Side effects and safety of Rhodiola rosea extract
Rhodiola may thin your blood, so discontinue use before surgery and consult your doctor if you take blood-thinning medications like Coumadin (warfarin) or supplements like vitamin E.
the medical literature has not reported any adverse effects related to foetal development during pregnancy or to infants who are breast-fed. Yet little is known about the use of this dietary supplement while pregnant or breast-feeding. Therefore, it is recommended that you inform your healthcare practitioner of any dietary supplements you are using while pregnant or breast-feeding.
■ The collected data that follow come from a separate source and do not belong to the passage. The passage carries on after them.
const WORKED: [(&str, Class); 22] = [
    ("select 1", Class::Read),
    ("SELECT a FROM t FOR UPDATE", Class::Write),
    ("/*!40001 select*/ 1", Class::Other),
    ("SELECT LAST_INSERT_ID()", Class::PrimaryRead),
    ("set names utf8mb4", Class::Session),
    ("select 'a", Class::Other),
    ("insert into t (a) values (1)", Class::Write),
    ("set gtid_domain_id=1", Class::Refused),
    ("", Class::Other),
    ("start transaction read only", Class::BeginReadOnly),
    ("rollback to a", Class::TrxLocal),
    ("create temporary table x (a int)", Class::Other),
    ("set autocommit=0", Class::AutocommitOff),
    ("select a into @b from t", Class::Other),
    ("select f(1)", Class::Other),
    ("select version()", Class::PrimaryRead),
    ("set global sql_mode=''", Class::Other),
    ("insert into t(a) values (1)", Class::Write),
    ("insert into t select count(*) from u", Class::Write),
    ("select 1;", Class::Read),
    ("select 1; select 2", Class::Other),
    ("call p()", Class::Other),
];

const QUERIES_1: [(&str, Class); 30] = [
    (
        "select a, b from t join u on (t.id = u.id) where t.a in (1, 2)",
        Class::Read,
    ),
    (
        "select a from t where exists (select 1 from u) and b = any (select c from v)",
        Class::Read,
    ),
    (
        "select count(distinct a), sum(b), max(c) from t group by d having count(*) > 1",
        Class::Read,
    ),
    ("select a from t union (select b from u)", Class::Read),
    (
        "(select a from t) union all (select b from u) order by 1",
        Class::Read,
    ),
    ("((select 1))", Class::Read),
    ("with c as (select a from t) select * from c", Class::Read),
    (
        "with recursive c (n) as (select 1 union select n + 1 from c where n < 9) select n from c",
        Class::Other,
    ),
    (
        "select a, row_number() over (partition by b order by c) from t",
        Class::Read,
    ),
    (
        "select rank() over w from t window w as (order by a)",
        Class::Read,
    ),
    (
        "select cast(a as char), convert(b using utf8mb4) from t",
        Class::Read,
    ),
    ("select cast(a as decimal(10,2)) from t", Class::Other),
    (
        "select case when a = 1 then concat(b, '-', c) else ifnull(d, '') end from t",
        Class::Read,
    ),
    (
        "select date_add(now(), interval 1 day), unix_timestamp()",
        Class::Read,
    ),
    ("select interval (3) day + now()", Class::Read),
    (
        "select if(a, left(b, 3), replace(c, 'x', 'y')) from t",
        Class::Read,
    ),
    (
        "select distinct a from t where a between 1 and 9 xor not (b like 'x%') limit 3",
        Class::Read,
    ),
    ("select a from db.t where db.t.b = t.c", Class::Read),
    ("select `a``b`, `select` from `t`", Class::Read),
    ("select `f`(1)", Class::Other),
    ("select `count`(1)", Class::Other),
    ("select db.count(1) from t", Class::Other),
    ("select t . count (1) from t", Class::Other),
    ("select count (1) from t", Class::Read),
    ("select count/* c */(1) from t", Class::Read),
    ("select my_function(1) from t", Class::Other),
    ("select sleep(1)", Class::Other),
    ("select get_lock('a', 1)", Class::Other),
    ("select user(), database(), current_user()", Class::Read),
    ("select connection_id()", Class::PrimaryRead),
];

const QUERIES_2: [(&str, Class); 30] = [
    ("select found_rows(), row_count()", Class::PrimaryRead),
    (
        "select SQL_CALC_FOUND_ROWS a from t limit 1",
        Class::PrimaryRead,
    ),
    ("select @@version", Class::PrimaryRead),
    ("select @@global.max_connections", Class::PrimaryRead),
    ("select @a", Class::Read),
    ("select @a.b, @'x y', @\"q\", @`z`", Class::Read),
    ("select @a := 1", Class::Other),
    ("select @ a from t", Class::Read),
    (
        "select * from information_schema.tables",
        Class::PrimaryRead,
    ),
    (
        "select * from `information_schema`.tables",
        Class::PrimaryRead,
    ),
    (
        "select * from performance_schema.threads",
        Class::PrimaryRead,
    ),
    ("select * from mysql.user", Class::PrimaryRead),
    ("select * from `MySQL` . user", Class::PrimaryRead),
    ("select mysql from t", Class::Read),
    ("select * from sys.version", Class::PrimaryRead),
    ("select a from t lock in share mode", Class::Write),
    ("select a from t for share", Class::Write),
    ("select a from t for  /* c */  update", Class::Write),
    ("select a from t for system_time all", Class::Read),
    ("select a from t into outfile '/tmp/x'", Class::Other),
    ("select a from t procedure analyse()", Class::Other),
    ("select next value for s", Class::Other),
    ("select previous value for s", Class::Other),
    ("select nextval(s)", Class::Other),
    ("select next, value from t", Class::Read),
    ("select 'for update'", Class::Read),
    ("select a as lock from t", Class::Read),
    ("select * from (select a from t) as d", Class::Read),
    (
        "select json_extract(a, '$.b') ->> '$.c' from t",
        Class::Read,
    ),
    (
        "select a from t where match (b) against ('x')",
        Class::Other,
    ),
];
The usual amounts taken are 200 to 600 mg per day of a Rhodiola rosea extract standardized to contain 2-3% rosavins and 0.8-1% salidroside. The nonstandardized amount would be 1 gram of the root three times daily, the amount for the alcoholic extract (40% alcohol) is 5 to 40 drops (0.5 — 1 teaspoon) two to three times per day and for the tea from Rhodiola rosea roots is 1 — 2 cap per day. Rhodiola is usually taken with water before meals or at mealtimes. Please note, that Rhodiola has a more stimulating effect at lower amounts, and a more sedating effect at higher amounts.